The extended filesystem, ext, has been the main filesystem for Linux desktops since 1992. The current version, ext4, is very stable, well tested and has a journal that makes recovery from an unscheduled shutdown fast and mostly painless. It is a good choice for managed flash devices and you will find that it is the preferred filesystem for Android devices that have eMMC storage. If the device supports discard
, you should mount with the option -o discard
.
To format and create an ext4 filesystem at runtime, you would type the following:
# mkfs.ext4 /dev/mmcblk0p2 # mount -t ext4 -o discard /dev/mmcblk0p1 /mnt
To create a filesystem image, you can use the genext2fs
utility, available from http://genext2fs.sourceforge.net. In this example, I have specified the block size with -B
and the number of blocks in the image with -b
:
$ genext2fs -B 1024 -b 10000 -d rootfs rootfs.ext4
genext2fs
can make use of a device table to set the file permissions and ownership, as described in Chapter 5, Building a Root Filesystem, with -D [file table]
.
As the name implies, this will actually generate an image in .ext2
format. You can upgrade using tune2fs
as follows (details of the command options are in the main page for tune2fs
):
$ tune2fs -j -J size=1 -O filetype,extents,uninit_bg,dir_index rootfs.ext4 $ e2fsck -pDf rootfs.ext4
Both the Yocto Project and Buildroot use exactly these steps when creating images in .ext4
format.
While a journal is an asset for devices that may power down without warning, it does add extra write cycles to each write transaction, wearing out the flash memory. If the device is battery-powered, especially if the battery is not removable, the chances of an unscheduled power down are small and so you may want to leave the journal out.
The Flash-Friendly File System, F2FS, is a log-structured filesystem designed for managed flash devices, especially eMMC and SD. It was written by Samsung and was merged into mainline Linux in 3.8. It is marked experimental, indicating that it has not been extensively deployed as yet, but it seems that some Android devices are using it.
F2FS takes into account the page and erase block sizes and tries to align data on these boundaries. The log format gives resilience in the face of power down and also gives good write performance, in some tests showing a two-fold improvement over ext4. There is a good description of the design of F2FS in the kernel documentation in Documentation/filesystems/f2fs.txt
and there are references at the end of the chapter.
The mfs2.fs2
utility creates an empty F2FS filesystem with the label -l
:
# mkfs.f2fs -l rootfs /dev/mmcblock0p1 # mount -t f2fs /dev/mmcblock0p1 /mnt
There isn't (yet) a tool to create F2FS filesystem images off-line.
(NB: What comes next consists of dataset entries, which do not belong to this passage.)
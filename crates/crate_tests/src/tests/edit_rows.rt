//! Edits of `abcdef`, each its range and its text, and what they make, or `!` where they don't fit.

use crate::tests::fields::{halves, number};
use ftn_base::{Bytes, Range};
use std::alloc::Global;
use token_edit::{Edit, apply, fits};

const EDITS: &[u8] =
    b"~abcdef;0 0 xy~xyabcdef;6 6 xy~abcdefxy;3 3 x,3 3 yz,3 3 ~abcxyzdef;1 3 x,3 3 yz~axyzdef;\
1 1 x,1 3 yz~axyzdef;0 6 ~;0 2 xyz,2 4 ,5 6 u~xyzeu;0 1 \n,2 3 \xff\x00~\nb\xff\x00def;\
7 7 x~!;5 7 x~!;3 2 x~!;0 3 x,2 4 x~!;3 4 x,1 2 x~!;1 3 x,1 1 x~!";

fn edit(alloc: Global, field: &[u8]) -> Option<Edit> {
    let mut parts = field.split(|byte| *byte == b' ');
    let start = number(parts.next()?)?;
    let end = number(parts.next()?)?;
    let text = Bytes::from_slice(alloc, parts.next()?).ok()?;
    let range = Range { start, end };
    Some(Edit { range, text })
}

/// Whether the row's edits make what it says.
fn holds(alloc: Global, row: &[u8]) -> Option<bool> {
    let (asked, wanted) = halves(row)?;
    let mut edits = Vec::new(alloc);
    for field in asked.split(|byte| *byte == b',') {
        if !field.is_empty() {
            edits.push(edit(alloc, field)?).ok()?;
        }
    }
    if !fits(6, &edits) {
        return Some(wanted == b"!".as_slice());
    }
    Some(apply(alloc, b"abcdef", &edits).ok()?.as_slice() == wanted)
}

#[test]
fn edits_make_what_rows_say(rt: HostRuntime) {
    for row in EDITS.split(|byte| *byte == b';') {
        assert!(rt; holds(rt.alloc(), row) == Some(true));
    }
}
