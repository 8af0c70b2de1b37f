//! Texts that are no plans, with `|` for the end of a line, and where the first field that is broken or cut begins.

use crate::tests::fields::{halves, number};
use plan_file::{PlanFault, read_plan};
use std::alloc::Global;

const BROKEN: &[u8] = b"~0;ftn-p~0;ftn-plan 2|files 1|~0;ftn-plan 1|~11;ftn-plan 1|files 0|end|~11;\
ftn-plan 1|files 01|file 0 a.f90||end|~11;ftn-plan 1|files 4097|file 0 a.f90||end|~11;\
ftn-plan 1|files +1|file 0 a.f90||end|~11;ftn-plan 1|files 1|file 00 a.f90||end|~19;\
ftn-plan 1|files 1|file 4194305 a.f90|~19;ftn-plan 1|files 1|file 99999999999999999999 a.f90|~19;\
ftn-plan 1|files 1|file 0 a.f||end|~19;ftn-plan 1|files 1|file 0 a/b.f90||end|~19;\
ftn-plan 1|files 1|file 4194304 a.f90|~38;ftn-plan 1|files 1|file 1 a.f90|xyend|~32;\
ftn-plan 1|files 1|file 9 a.f90|123456|~32;ftn-plan 1|files 1|file 2 a.f90|xy|end~35;\
ftn-plan 1|files 1|file 2 a.f90|xy|end||~39;ftn-plan 1|files 2|file 0 a.f90||end|~33;\
ftn-plan 1|files 1|file 0 a.f90||file 0 b.f90||end|~33;ftn-plan 1|files 2|file 0 b.f90||file 0 a.f90||end|~33;\
ftn-plan 1|files 2|file 0 a.f90||file 0 a.f90||end|~33;ftn-plan 1|files 2|file 0 a.f90||file 2 b.f90||end|~46";

/// Whether the row's text is broken where it says.
fn holds(alloc: Global, row: &[u8]) -> Option<bool> {
    let (asked, wanted) = halves(row)?;
    let mut text = Vec::new(alloc);
    for byte in asked {
        text.push(if *byte == b'|' { b'\n' } else { *byte }).ok()?;
    }
    match read_plan(alloc, &text) {
        Ok(_) => Some(false),
        Err(PlanFault::NotAPlan(at)) => Some(number(wanted) == Some(at)),
        Err(PlanFault::NoMemory) => None,
    }
}

#[test]
fn texts_are_broken_where_rows_say(rt: HostRuntime) {
    for row in BROKEN.split(|byte| *byte == b';') {
        assert!(rt; holds(rt.alloc(), row) == Some(true));
    }
}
The old Microsoft filesystems, FAT16 and FAT32, continue to be important as a common format that is understood by most operating systems. When you buy an SD card or USB flash drive, it is almost certain to be formatted as FAT32 and, in some cases, the on-card microcontroller is optimized for FAT32 access patterns. Also, some boot ROMs require a FAT partition for the second stage bootloader, the TI OMAP-based chips for example. However, FAT formats are definitely not suitable for storing critical files because they are prone to corruption and make poor use of the storage space.
Linux supports FAT16 through the msdos
filesystem and both FAT32 and FAT16 through the vfat
filesystem. In most cases, you need to include the vfat
driver. Then, to mount a device, say an SD card on the second mmc
hardware adapter, you would type this:
# mount -t vfat /dev/mmcblock1p1 /mnt
In the past, there have been licensing issues with the vfat
driver which may (or may not) infringe a patent held by Microsoft.
FAT32 has a limitation on the device size of 32 GiB. Devices of a larger capacity may be formatted using the Microsoft exFAT format and it is a requirement for SDXC cards. There is no kernel driver for exFAT, but it can be supported by means of a user-space FUSE driver. Since exFAT is proprietary to Microsoft there are certain to be licensing implications if you support this format on your device.